I suffer from severe data envy when it comes to LinkedIn. They have detailed information on millions of people who are motivated to keep their profiles up-to-date, collect a rich network of connections and have a strong desire from their users for more tools to help them in their professional lives. Over the past couple of years Chief Scientist DJ Patil has put together an impressive team of data scientists to deliver new services based around all that information.

One of my favorites is their career explorer, using the accumulated employment histories of millions of professionals to help students understand where their academic and early job choices might lead them.

Ali Imam's connection network, via Russell Jurney

Their work also shows up in some more subtle ways too, like the Groups you may like service that relies on their analyses and the SNA team's work to recommend groups that seem connected to your interests. This kind of recommendation technology is at the heart of a lot of their innovative tools, initially as the first company to create a "People you may know" service, but more recently their Jobs Recommendation work both for job-seekers and recruiters.

What I really wanted to know was how they dealt with that deluge of information, so I sat down with Peter Skomoroch of their data team to understand the tools and techniques they use. The workhorse of their pipeline is Hadoop, with a large cluster running a mixture of Solaris and CentOS. Jay Kreps has put together a great video and slides on LinkedIn's approach to the system, but Peter tells me they're big fans of Pig for creating their jobs, with snippets of Python for some of the messier integration code.

Before he joined LinkedIn, he frequently used SQL for querying and exploring his data, but these days he's almost exclusively using lightweight MapReduce scripts to do that sort of processing. To control the running of Hadoop jobs, they've recently open-sourced their internal batch-processing framework Azkaban which acts as the circus ringmaster for all of the processes people throughout the company need the cluster to run, both one-offs and recurring tasks.

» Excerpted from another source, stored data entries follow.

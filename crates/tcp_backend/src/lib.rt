//! A backend over TCP.
//!
//! [`TcpBackend`] asks its [`Connector`], a [`Dialer`] over TCP, for one connection for each
//! request, and for no second one whatever fails. It writes the request, reads one response, even
//! one that comes before all of the request is written, and then the connection to its end, so that
//! the backend closes first and the gateway's own ports are free again. A backend that keeps the
//! connection open isn't waited for, and one that answers before it reads isn't written to until it
//! has: where a write stands still and an answer lies there, the answer is read. The end of a
//! connection that is written can't be copied, and comes back with the answer: what was written to
//! it is what its value tells. Buffers are made once and serve all connections.
#![tactic(auto)]

mod answer_read;
mod asking;
mod attempt;
mod call_buffers;
mod call_time;
mod connecting;
mod dialing;
mod early;
mod ends;
mod pool;
mod unanswered;
mod watch;

pub use connecting::{BackendFault, TcpBackend};
pub use dialing::{Connected, Connector, Dialer};
pub use ends::{OpaqueEnd, RequestOutlet};
pub use pool::{ConnectionPool, ReadyConnection};
pub use watch::{BackendWatch, ConnectionEvent};
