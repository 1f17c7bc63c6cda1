// A backend at an address.
ghost use Rattle.std.specs.Prelude.{◌≡◌, ◌⊎◌, IfOk, None, false};
ghost use Rattle.std.specs.Net.Text.{socket_v4_text};
ghost use Rattle.counted_io.specs.Count.{raised};
ghost use Rattle.wire.specs.declared.answer.BackendAnswer.TheVariants.{Late, NotConnected, Stale};
ghost use Rattle.wire.specs.declared.fault.WireFault.{WireFault};
ghost use Rattle.wire.specs.Forwards.{Sends};
ghost use Rattle.tcp_backend.specs.Answers.{answer_of, is_stale};
ghost use Rattle.tcp_backend.specs.CallTime.{call_deadline, is_over};
ghost use Rattle.message_text.specs.declared.persistence.Persistence.TheVariants.{Close};
ghost use Rattle.tcp_backend.specs.Connecting.{connector_of, host_of, limit_of};
ghost use Rattle.tcp_backend.specs.Ends.{Gathers};
ghost use Rattle.tcp_backend.specs.Kept.{carries_on, end_left, is_kept};

use crate::asking::{Sending, answer_of, ask, read_on};
use crate::attempt::{Attempt, Leftover, Settled};
use crate::call_buffers::CallBuffers;
use crate::call_time::{CallTime, connect_time};
use crate::dialing::{Connected, Connector};
use crate::watch::{BackendWatch, ConnectionEvent};
use arrayvec::ArrayString;
use body_memory::{BodyMemory, HeldBodies};
use clocks::Clock;
use itoa::Buffer;
use message_parts::{Method, Request};
use std::alloc::AllocError;
use std::io::Error;
use std::net::SocketAddrV4;
use wire::{Backend, BackendAnswer, Persistence};

/// Why a backend was not made.
#[derive(Clone, Copy, Drop)]
pub enum BackendFault {
    /// A growth was refused.
    Memory = 1,
}

impl From<AllocError> for BackendFault {
    fn from(_: AllocError) -> BackendFault {
        BackendFault::Memory
    }
}

/// A backend at the address of its connector, which it asks for one connection for each request,
/// and what hears of its troubles.
#[derive(Drop)]
pub struct TcpBackend<'c, K, S, W, C> {
    connector: K,
    watch: W,
    line: Line<'c, S>,
    limit: Limit<'c, C>,
}

/// What serves one connection after another: what holds the bodies of its answers, the last one's
/// until it is left, and the connection of that. A call takes the buffers, and puts them back.
#[derive(Drop)]
struct Line<'c, S> {
    bodies: HeldBodies<'c>,
    host: ArrayString<21>,
    buffers: Option<CallBuffers>,
    answered: Option<S>,
}

impl<'c, S: Drop> Line<'c, S> {
    // Lets go of the last answer, where it wasn't left.
    fn let_go(&mut self)
        ensures host { self.new.host ≡ self.old.host }
    {
        self.answered = None;
        self.bodies.release();
    }

    // The buffers, by value; new ones where a call kept them, which none does.
    fn take_buffers(&mut self) -> Result<CallBuffers, AllocError>
        ensures host { self.new.host ≡ self.old.host }
    {
        match self.buffers.take() {
            Some(buffers) => Ok(buffers),
            None => CallBuffers::new(self.bodies.alloc()),
        }
    }

    // Puts the buffers of a call back; what became of its request, which said so of its connection,
    // that had been kept or was new; and what is left of that.
    fn put_back<E, C: Clock>(
        &mut self,
        call: &CallTime<'_, C>,
        attempt: Attempt<S, E>,
        persistence: Persistence,
        is_reused: bool,
    ) -> (BackendAnswer, Leftover<S, E>)
        ensures answer { result.0 ≡ answer_of attempt.answer
            (is_over (call_deadline call.now) attempt.looked) (is_stale is_reused attempt) }
        ensures unlimited { call_deadline call.now ≡ None → ¬ (result.0 ≡ Late) }
        ensures fresh { is_reused ≡ false → (fault : WireFault) → ¬ (result.0 ≡ Stale fault) }
        ensures kept { is_kept result.1 ≡ carries_on persistence attempt }
        ensures end { end_left result.1 ≡ attempt.end }
        ensures host { self.new.host ≡ self.old.host }
    {
        let Settled {
            answer,
            is_heard,
            looked,
            left,
            buffers,
        } = attempt.settle(persistence);
        self.buffers = Some(buffers);
        let is_stale = is_reused && !is_heard;
        (answer_of(answer, call.is_over(looked), is_stale), left)
    }
}

/// How long a call may take, in nanoseconds of a clock, where that is limited.
#[derive(Drop)]
struct Limit<'c, C> {
    clock: &'c C,
    most_ns: Option<u64>,
}

impl<'c, K: Connector + Drop, W: Drop, C> TcpBackend<'c, K, K::Stream, W, C> {
    /// The backend at the address of this connector. A request that names no host is sent with the
    /// address as its host. A call may take so many nanoseconds of the clock, from its connect to
    /// the end of its answer, and without a limit as long as the backend takes. Nothing is
    /// connected yet, and it fails only out of memory for the buffers. The bodies of answers are
    /// held by `bodies`, each until it is left.
    pub fn new(
        connector: K,
        bodies: HeldBodies<'c>,
        watch: W,
        clock: &'c C,
        most_ns: Option<u64>,
    ) -> Result<TcpBackend<'c, K, K::Stream, W, C>, BackendFault>
        ensures connector { IfOk result (λ backend. connector_of backend ≡ connector) }
        ensures host { IfOk result (λ backend. host_of backend ≡ K.reaches connector) }
        ensures limit { IfOk result (λ backend. limit_of backend ≡ most_ns) }
    {
        let buffers = CallBuffers::new(bodies.alloc())?;
        let line = Line {
            bodies,
            host: host_text(connector.address()),
            buffers: Some(buffers),
            answered: None,
        };
        Ok(TcpBackend {
            connector,
            watch,
            line,
            limit: Limit { clock, most_ns },
        })
    }
}

impl<'c, K: Connector, W: BackendWatch, C: Clock> Backend for TcpBackend<'c, K, K::Stream, &W, C> {
    ghost use Rattle.std.specs.Prelude.{None};
    ghost use Rattle.tcp_backend.specs.Connecting.{connector_of, host_of};

    ghost forwarded = { λ backend. K.connects (connector_of backend) };

    ghost shown = { λ _. None };

    ghost written = { λ backend. K.written (connector_of backend) };

    ghost host = { host_of };

    /// Asks for a connection once, writes the request and reads one response. Where there is no
    /// connection, that is `NotConnected`; each later fault is `Broken`, but out of memory is
    /// `Memory`, and a body that may not be held is `Bodies`; and where the time of the call is
    /// over before, all that is `Late`. A connection that was kept may have been closed by the
    /// backend meanwhile: a fault over one is `Stale` where no byte of an answer came, and the
    /// request isn't sent again (RFC 9110, section 9.2.2). A response that says its own length is
    /// read behind a write that failed or stands still, too: the backend may have answered before
    /// it read the whole request. `NotConnected`, `Broken`, `Stale`, `Late` and `Bodies` are told,
    /// and `Stale` as `Broken` is.
    fn forward(&mut self, request: &Request) -> BackendAnswer
        ensures count { K.connects (connector_of self.new)
            ≡ raised (K.connects (connector_of self.old)) }
        ensures reaches { K.reaches (connector_of self.new) ≡ K.reaches (connector_of self.old) }
        ensures written { Sends (host_of self.old) (K.written (connector_of self.old))
            (K.written (connector_of self.new)) request.now result }
        ensures host { host_of self.new ≡ host_of self.old }
        ensures limit { limit_of self.new ≡ limit_of self.old }
        ensures unlimited { limit_of self.old ≡ None → ¬ (result ≡ Late) }
        ensures fresh { K.keeps (connector_of self.old) ≡ false
            → (fault : WireFault) → ¬ (result ≡ Stale fault) }
    {
        forward_over(
            &mut self.connector,
            &mut self.line,
            &self.limit,
            self.watch,
            request,
        )
    }

    /// Reads the connection of the last answer to its end, and closes it, so that a backend which
    /// closes it does so first. One that keeps it open isn't waited for. The body of that answer is
    /// held no longer.
    fn leave(&mut self)
        ensures count { K.connects (connector_of self.new)
            ≡ K.connects (connector_of self.old) }
        ensures reaches { K.reaches (connector_of self.new) ≡ K.reaches (connector_of self.old) }
        ensures written { K.written (connector_of self.new) ≡ K.written (connector_of self.old) }
        ensures host { host_of self.new ≡ host_of self.old }
        ensures limit { limit_of self.new ≡ limit_of self.old }
    {
        if let Some(mut stream) = self.line.answered.take() {
            read_on(&mut stream);
        }
        self.line.bodies.release();
    }

    fn forwards(&self) -> u64 {
        self.connector.connects()
    }
}

// Forwards a request over one connection, which was kept or is new: whatever fails, there is no
// second one.
fn forward_over<K: Connector, W: BackendWatch, C: Clock>(
    connector: &mut K,
    line: &mut Line<'_, K::Stream>,
    limit: &Limit<'_, C>,
    watch: &W,
    request: &Request,
) -> BackendAnswer
    ensures once { K.connects connector.new ≡ raised (K.connects connector.old) }
    ensures reaches { K.reaches connector.new ≡ K.reaches connector.old }
    ensures written { Sends line.old.host.bytes (K.written connector.old) (K.written connector.new)
        request.now result }
    ensures host { line.new.host ≡ line.old.host }
    ensures unlimited { limit.now.most_ns ≡ None → ¬ (result ≡ Late) }
    ensures fresh { K.keeps connector.old ≡ false
        → (fault : WireFault) → ¬ (result ≡ Stale fault) }
{
    line.let_go();
    let call = CallTime::begin(limit.clock, limit.most_ns);
    let most = connect_time(limit.most_ns);
    let Connected {
        stream,
        end,
        is_reused,
    } = match connector.connect(limit.clock, watch, most) {
        Ok(made) => made,
        Err(error) => return unconnected(&call, watch, &error),
    };
    let Ok(buffers) = line.take_buffers() else {
        connector.release(end);
        return BackendAnswer::Memory;
    };
    let persistence = persistence_for(connector.keeps(), &request.method);
    let sending = Sending {
        request,
        host: line.host.as_str(),
        persistence,
    };
    let attempt = ask(&mut line.bodies, &call, stream, end, buffers, &sending);
    let (answer, left) = line.put_back(&call, attempt, persistence, is_reused);
    tell(watch, &answer);
    line.answered = give_back(connector, limit.clock, watch, left);
    answer
}

// Gives back what is left of a connection, which is kept only where it carries on; one that the
// backend is to close is the result.
fn give_back<K: Connector, W: BackendWatch, C: Clock>(
    connector: &mut K,
    clock: &C,
    watch: &W,
    left: Leftover<K::Stream, K::End>,
) -> Option<K::Stream>
    ensures connects { K.connects connector.new ≡ K.connects connector.old }
    ensures reaches { K.reaches connector.new ≡ K.reaches connector.old }
    ensures written { Gathers (K.written connector.old) (K.End.contents (end_left left))
        (K.written connector.new) }
{
    match left {
        Leftover::Ready(connection) => {
            connector.keep(clock, watch, connection);
            None
        }
        Leftover::Ending(stream, end) => {
            connector.release(end);
            watch.connection(ConnectionEvent::Closed);
            Some(stream)
        }
        Leftover::Closed(end) => {
            connector.release(end);
            watch.connection(ConnectionEvent::Closed);
            None
        }
    }
}

// Tells of an answer that is none.
fn tell<W: BackendWatch>(watch: &W, answer: &BackendAnswer) {
    match answer {
        BackendAnswer::Broken(fault) => watch.broken(*fault),
        BackendAnswer::Stale(fault) => watch.broken(*fault),
        BackendAnswer::Late => watch.late(),
        BackendAnswer::Bodies => watch.unheld(),
        BackendAnswer::Answered(_) | BackendAnswer::NotConnected | BackendAnswer::Memory => {}
    }
}

// What a request by this method says of its connection, where such are kept or not. One behind HEAD
// isn't, so that the backend is to close it.
fn persistence_for(keeps: bool, method: &Method) -> Persistence
    ensures { keeps ≡ false → result ≡ Close }
{
    if keeps && method.as_slice() != b"HEAD".as_slice() {
        Persistence::Keep
    } else {
        Persistence::Close
    }
}

// What becomes of a request where no connection was to be had, for this cause.
fn unconnected<W: BackendWatch, C: Clock>(
    call: &CallTime<'_, C>,
    watch: &W,
    error: &Error,
) -> BackendAnswer
    ensures either { (result ≡ NotConnected) ⊎ (result ≡ Late) }
    ensures unlimited { call_deadline call.now ≡ None → result ≡ NotConnected }
{
    if call.is_over_now() {
        watch.late();
        BackendAnswer::Late
    } else {
        watch.unreached(error);
        BackendAnswer::NotConnected
    }
}

// The address as it is printed.
fn host_text(address: SocketAddrV4) -> ArrayString<21>
    ensures { result.bytes ≡ socket_v4_text address }
{
    let [first, second, third, fourth] = address.ip().octets();
    let mut number = Buffer::new();
    let mut text = ArrayString::new();
    text.push_str(number.format(first));
    text.push_str(".");
    text.push_str(number.format(second));
    text.push_str(".");
    text.push_str(number.format(third));
    text.push_str(".");
    text.push_str(number.format(fourth));
    text.push_str(":");
    text.push_str(number.format(address.port()));
    text
}
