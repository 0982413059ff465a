//! What it costs to come down, before any way is made. With labels that are as much below the exit's, a search goes first where ways are
//! cheap.
ghost use Rattle.std.specs.Prelude.{◌≡◌, ℕ, ◌+◌, ◌<◌, ◌≤◌, slice_index};
ghost use Rattle.plans.specs.Tolls.{worth};
ghost use Rattle.router.specs.Boards.{Shape};
ghost use Rattle.router.specs.Descents.{Descends, descent};

use crate::board::{CELLS, Grid, ROW};
use plans::WORTH;

/// What the links from each cell down to the last row cost at least; the worth where there is no way.
pub fn descents(grid: &Grid) -> [u32; CELLS]
    requires { Shape grid.now }
    ensures { Descends grid.now result 0 }
{
    let mut least = [WORTH; CELLS];
    let end = grid.last + ROW;
    for k in 0..end {
        let u = end - 1 - k;
        least[u] = descent(grid, &least, u);
    }
    least
}

// What they cost from the cell `u`, by what they cost from the cells below it.
fn descent(grid: &Grid, least: &[u32; CELLS], u: usize) -> u32
    requires shape { Shape grid.now }
    requires inside { u < CELLS }
    requires limit { (w : ℕ) → slice_index least.now w ≤ worth }
    ensures { result ≡ descent grid.now least.now u }
{
    if grid.tops[u] == 0 {
        return WORTH;
    }
    if u >= grid.last {
        return 0;
    }
    let links = grid.links[u];
    let left = least[u + ROW - 1] + links[0] as u32;
    let straight = least[u + ROW] + links[1] as u32;
    let right = least[u + ROW + 1] + links[2] as u32;
    WORTH.min(left).min(straight).min(right)
}

/// What the cheapest way costs, at most the worth.
pub fn cheapest(grid: &Grid, least: &[u32; CELLS]) -> u32
    requires limit { (w : ℕ) → slice_index least.now w ≤ worth }
    ensures limit { result ≤ worth }
    ensures cheapest { (u : ℕ) → u < ROW → result ≤ slice_index grid.now.entries u + slice_index least.now u }
{
    let mut cost = WORTH;
    for u in 0..ROW {
        cost = cost.min(grid.entries[u] as u32 + least[u]);
    }
    cost
}
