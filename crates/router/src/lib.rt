//! The router's core: ways through a grid of cells that no others beat, and tolls that show it.
#![tactic(auto)]

ghost use Rattle.std.specs.Prelude.{◌≡◌};
ghost use Rattle.router.specs.Boards.{Shape, Standing};

pub mod board;
mod descent;
mod order;
pub mod queue;
pub mod search;
mod settle;
pub mod toll;
mod walk;

use board::Board;
use plans::WORTH;
use search::Search;

/// Finds the ways through a grid, as many as can be and among those the cheapest, and labels that show it.
pub fn solve(board: &mut Board, search: &mut Search)
    requires { Shape board.old.grid }
    ensures standing { Standing board.new }
    ensures top { board.new.labels.exit ≡ WORTH }
    ensures grid { board.new.grid ≡ board.old.grid }
{
    board.clear();
    settle::settle(board, search, 0);
    while board.labels.exit < WORTH {
        let start = walk::augment(board, search);
        settle::settle(board, search, start);
    }
}
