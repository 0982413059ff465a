//! A grid of cells, ways through it, and labels on them.
ghost use Rattle.std.specs.Prelude.{◌≡◌, ◌<◌, slice_index};
ghost use Rattle.flow.specs.Moves.{Opened, Linked, Dropped};
ghost use Rattle.router.specs.Boards.{Shape, Standing, flow_of, onward};

use crate::descent::{cheapest, descents};

/// How many cells stand in a row: one for each of 64 columns, and one at either end that is never usable.
pub const ROW: usize = 66;

/// 64 rows, and one below them that is never usable.
pub const CELLS: usize = 65 * ROW;

/// The PEs of the standing rows, going down, and what they charge. The cell s × 66 + j + 1 is the one in the standing row s,
/// counted from 0, and the physical column j.
#[derive(Drop)]
pub struct Grid {
    /// the worth in each usable cell, and 0 elsewhere
    pub tops: [u32; CELLS],
    /// the entry charges of the first row
    pub entries: [u16; ROW],
    /// the charges of the links from a cell to those below it: left, straight, right
    pub links: [[u16; 3]; CELLS],
    /// the first cell of the last row
    pub last: usize,
}

/// Which cells are used, where each goes on, where each comes from, and the charge of the link by which it comes. An unused cell
/// comes from itself.
#[derive(Drop)]
pub struct Ways {
    pub used: [bool; CELLS],
    pub next: [u16; CELLS],
    pub prev: [u16; CELLS],
    pub charge: [u16; CELLS],
}

/// The label above each cell, and the one at the exit, below the last row.
#[derive(Drop)]
pub struct Labels {
    pub into: [u32; CELLS],
    pub exit: u32,
}

#[derive(Drop)]
pub struct Board {
    pub grid: Grid,
    pub ways: Ways,
    pub labels: Labels,
}

impl Board {
    /// A board with a grid, not cleared yet.
    pub fn new(grid: Grid) -> Board
        ensures { result.grid ≡ grid }
    {
        Board {
            grid,
            ways: Ways {
                used: [false; CELLS],
                next: [0; CELLS],
                prev: [0; CELLS],
                charge: [0; CELLS],
            },
            labels: Labels {
                into: [0; CELLS],
                exit: 0,
            },
        }
    }

    /// No cell is used, and each label is as much below the exit's as it costs to come down.
    pub fn clear(&mut self)
        requires { Shape self.old.grid }
        ensures standing { Standing self.new }
        ensures grid { self.new.grid ≡ self.old.grid }
    {
        self.ways.used = [false; CELLS];
        self.ways.charge = [0; CELLS];
        let least = descents(&self.grid);
        let exit = cheapest(&self.grid, &least);
        self.labels.into = [0; CELLS];
        self.labels.exit = exit;
        for u in 0..CELLS {
            self.ways.prev[u] = u as u16;
            self.labels.into[u] = exit.saturating_sub(least[u]);
        }
    }
}

impl Ways {
    /// Has the cell `e` used.
    pub fn open(&mut self, e: usize)
        requires { e < CELLS }
        ensures { Opened (flow_of self.old) (flow_of self.new) e }
    {
        self.used[e] = true;
    }

    /// Has the cell `a` used and go on to `w`; answers the cell that bore the label below `a` until now.
    pub fn link(&mut self, a: usize, w: usize, charge: u16) -> usize
        requires inside { a < CELLS }
        requires hole { w < CELLS }
        ensures ways { Linked (flow_of self.old) (flow_of self.new) a w charge }
        ensures onward { result ≡ onward self.old a }
    {
        let onward = if self.used[a] {
            self.next[a] as usize
        } else {
            a
        };
        self.used[a] = true;
        self.next[a] = w as u16;
        self.prev[w] = a as u16;
        self.charge[w] = charge;
        onward
    }

    /// Has the cell `w` used no more; answers where it went on.
    pub fn drop(&mut self, w: usize) -> usize
        requires { w < CELLS }
        ensures ways { Dropped (flow_of self.old) (flow_of self.new) w }
        ensures onward { result ≡ slice_index self.old.next w }
    {
        self.used[w] = false;
        self.prev[w] = w as u16;
        self.charge[w] = 0;
        self.next[w] as usize
    }
}
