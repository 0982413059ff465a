//! The walk that makes one way more, back along the reasons from the last row to the first.
ghost use Rattle.std.specs.Prelude.{◌≡◌, ℕ, ◌-◌, ◌<◌};
ghost use Rattle.plans.specs.Tolls.{worth};
ghost use Rattle.router.specs.Boards.{Standing};
ghost use Rattle.router.specs.Searches.{Settled};
ghost use Rattle.router.specs.Walking.{Walks, Stepped, Rerouted, spare};

use crate::board::{Board, CELLS, ROW};
use crate::search::Search;

/// Makes one way more; answers the cell where it starts.
pub fn augment(board: &mut Board, search: &Search) -> usize
    requires settled { Settled board.old search.now }
    requires room { board.old.labels.exit < worth }
    ensures standing { Standing board.new }
    ensures fewer { spare board.new < spare board.old }
    ensures others { board.new ≡ record board.old { ways = board.new.ways } }
{
    board.ways.open(search.last);
    finish(board, search, search.last)
}

// Walks from the hole `w` to its end, and answers where that is: as each reason comes before the one that led to it, there are no more
// moves than cells.
fn finish(board: &mut Board, search: &Search, w: usize) -> usize
    requires { Walks board.old search.now w CELLS }
    ensures standing { Standing board.new }
    ensures others { Rerouted board.old board.new }
{
    let mut hole = w;
    for _ in 0..CELLS {
        match step(board, search, hole) {
            Some(next) => hole = next,
            None => return hole,
        }
    }
    hole
}

// One move from the hole `w`: where the hole is then, or nothing at the end.
fn step(board: &mut Board, search: &Search, w: usize) -> Option<usize>
    requires { (n : ℕ) × Walks board.old search.now w n }
    ensures steps { (n : ℕ) → Walks board.old search.now w n → Stepped board.new search.now (n - 1) result }
    ensures others { Rerouted board.old board.new }
{
    let Some(a) = search.why[w].comes_from(w) else {
        return None;
    };
    if a == w {
        return Some(board.ways.drop(w));
    }
    let charge = board.grid.links[a][w + 1 - (a + ROW)];
    Some(board.ways.link(a, w, charge))
}
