//! The search for better labels: labels on trial fall from cell to cell, until none that counts can fall further.
ghost use Rattle.std.specs.Prelude.{◌≡◌, ℕ, ◌+◌, ◌<◌, ◌≤◌, true, false, slice_index};
ghost use Rattle.flow.specs.Seeks.{Offer, Closer};
ghost use Rattle.router.specs.Boards.{Standing, Usable, net_of, flow_of, labels_of};
ghost use Rattle.router.specs.Searches.{Seeks, EnteredTo, Begun, Lowered, RestsAt, label_of, waits_of, reason, work};

use crate::board::{Board, CELLS, ROW};
use crate::queue::Queue;
use plans::WORTH;

/// A cell that is due then does not wait.
pub const NEVER: u32 = u32::MAX;

/// Why a label is what it is: by the entry charge, by the label below the cell itself, which is dropped, or by a link from above, to
/// the left, straight or to the right.
#[derive(Clone, Copy)]
pub enum Why {
    Entry,
    Dropped,
    Left,
    Straight,
    Right,
}

impl Why {
    ghost use Rattle.std.specs.Prelude.{MatchOption};
    ghost use Rattle.flow.specs.Seeks.{below};
    ghost use Rattle.router.specs.declared.search.Why.TheVariants.{Entry};

    /// The cell from whose label below the label above the cell `w` comes, or none where that is the entry charge.
    pub fn comes_from(self, w: usize) -> Option<usize>
        requires { w < CELLS }
        ensures { MatchOption result (self ≡ Entry) (λ a. reason w self ≡ below a) }
    {
        match self {
            Why::Entry => None,
            Why::Dropped => Some(w),
            Why::Left => Some((w + 1).saturating_sub(ROW)),
            Why::Straight => Some(w.saturating_sub(ROW)),
            Why::Right => Some(w.saturating_sub(ROW + 1)),
        }
    }
}

/// Labels on trial, and how far above its label each is that waits to be scanned; why each was last lowered; how far the exit may rise,
/// and the cell of the last row that says so; and a queue that suggests which cell to scan next.
#[derive(Drop)]
pub struct Search {
    pub label: [u32; CELLS],
    pub due: [u32; CELLS],
    pub why: [Why; CELLS],
    pub rise: u32,
    pub last: usize,
    pub queue: Queue,
}

impl Search {
    /// Room for a search; what is in it counts for nothing.
    pub fn new() -> Search {
        Search {
            label: [0; CELLS],
            due: [NEVER; CELLS],
            why: [Why::Entry; CELLS],
            rise: 0,
            last: 0,
            queue: Queue::new(),
        }
    }

    /// Begins a search: only labels of the first row are known. The queue is still to be begun anew.
    pub fn begin(&mut self, board: &Board)
        requires { Standing board.now }
        ensures { Begun board.now self.new }
    {
        self.clear(board);
        for u in 0..ROW {
            self.enter(board, u);
        }
    }

    /// Scans the cell `u` if it is due before the rise; says whether it did.
    pub fn look(&mut self, board: &Board, u: usize) -> bool
        requires begun { Begun board.now self.old }
        requires inside { u < CELLS }
        ensures begun { Begun board.now self.new }
        ensures less { result ≡ true → work self.new < work self.old }
        ensures no_more { work self.new ≤ work self.old }
        ensures same { result ≡ false → self.new ≡ self.old }
        ensures rests { result ≡ false → RestsAt self.new u }
    {
        if self.due[u] < self.rise {
            self.scan(board, u);
            return true;
        }
        false
    }

    // Passes the label on trial of the cell `u` on to those that it bounds; the cell waits no more.
    fn scan(&mut self, board: &Board, u: usize)
        requires begun { Begun board.now self.old }
        requires waits { waits_of self.old u ≡ true }
        ensures begun { Begun board.now self.new }
        ensures less { work self.new < work self.old }
    {
        let a = board.ways.prev[u] as usize;
        let base = self.label[u] - board.ways.charge[u] as u32;
        self.lower(board, a, base, Why::Dropped);
        if a < board.grid.last {
            let links = board.grid.links[a];
            // what is lowered last is scanned next: straight first
            self.lower(board, a + ROW + 1, base + links[2] as u32, Why::Right);
            self.lower(board, a + ROW - 1, base + links[0] as u32, Why::Left);
            self.lower(board, a + ROW, base + links[1] as u32, Why::Straight);
        }
        self.due[u] = NEVER;
    }

    // Nothing is lowered yet.
    fn clear(&mut self, board: &Board)
        requires { Standing board.now }
        ensures seeks { Seeks board.now self.new }
        ensures entered { EnteredTo board.now self.new 0 }
    {
        self.label = board.grid.tops;
        for u in 0..ROW {
            if board.ways.used[u] {
                self.label[u] = board.grid.entries[u] as u32;
            }
        }
        self.due = [NEVER; CELLS];
        self.rise = WORTH - board.labels.exit;
    }

    // Enters at the cell `u` of the first row, where it is not used.
    fn enter(&mut self, board: &Board, u: usize)
        requires seeks { Seeks board.now self.old }
        requires first { u < ROW }
        requires entered { EnteredTo board.now self.old u }
        ensures seeks { Seeks board.now self.new }
        ensures entered { EnteredTo board.now self.new (u + 1) }
    {
        if !board.ways.used[u] {
            self.lower(board, u, board.grid.entries[u] as u32, Why::Entry);
        }
    }

    // Lowers the label on trial of the cell `w` to `v`, where it is higher.
    fn lower(&mut self, board: &Board, w: usize, v: u32, why: Why)
        requires seeks { Seeks board.now self.old }
        requires inside { w < CELLS }
        requires offer { Usable board.now.grid w → Offer (net_of board.now.grid) (flow_of board.now.ways) (label_of self.old) w v (reason w why) }
        ensures seeks { Seeks board.now self.new }
        ensures lowered { Lowered self.old self.new w v }
    {
        if v < self.label[w] {
            let due = v - board.labels.into[w];
            self.label[w] = v;
            self.due[w] = due;
            self.why[w] = why;
            self.tell(board, w, due);
            self.queue.push(w as u16, due, self.rise);
        }
    }

    // How far the exit may rise, and the cell that says so, once the label on trial of the cell `w` is so far above its label.
    fn tell(&mut self, board: &Board, w: usize, due: u32)
        requires { w < CELLS }
        ensures closer { let v = slice_index board.now.labels.into w + due in Closer (net_of board.now.grid) (flow_of board.now.ways) (labels_of board.now.labels) w v self.old.rise self.old.last self.new.rise self.new.last }
        ensures others { self.new ≡ record self.old { rise = self.new.rise; last = self.new.last } }
    {
        if due < self.rise && w >= board.grid.last && !board.ways.used[w] {
            self.rise = due;
            self.last = w;
        }
    }
}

That takes care of pulling in data, but how do you handle getting it somewhere useful once the job is finished? They have created a custom Hadoop step that they can insert to push the information directly to their production Voldemort database. That sounded a bit scary to me, so I asked Peter how they dealt with mistakes that pushed bad data onto the site. That's where Voldemort's versioning saves the day apparently, letting them easily roll back to a previous version before any erroneous changes.

The secret ingredient that most surprised me about their pipeline was Peter's use of Mechanical Turk. A lot of their headaches come from the fact that users are allowed to enter free-form text into all the fields, so figuring out that strings like "I.B.M.", "IBM" and "IBM UK" are all the same company can be a real challenge. You can get a long way with clever algorithms, but Peter told me what when these sort of recognition problems get too hairy, he reaches for his 'algorithmic Swiss Army knife': the human brain-power of thousands of Turks.

As an example, he described how he used the workers to solve the problem of recognizing the place names that Twitter users put into the location field. By asking the Turks to find the places he couldn't understand with an algorithm, he was able to create a much richer view of the user's locations than a simple API could offer. That project's reliance on GeoNames led me to wonder about their use of public data sources. Peter is hooked on the Wikipedia dumps, especially for spotting co-occurrences of related words and n-gram frequencies.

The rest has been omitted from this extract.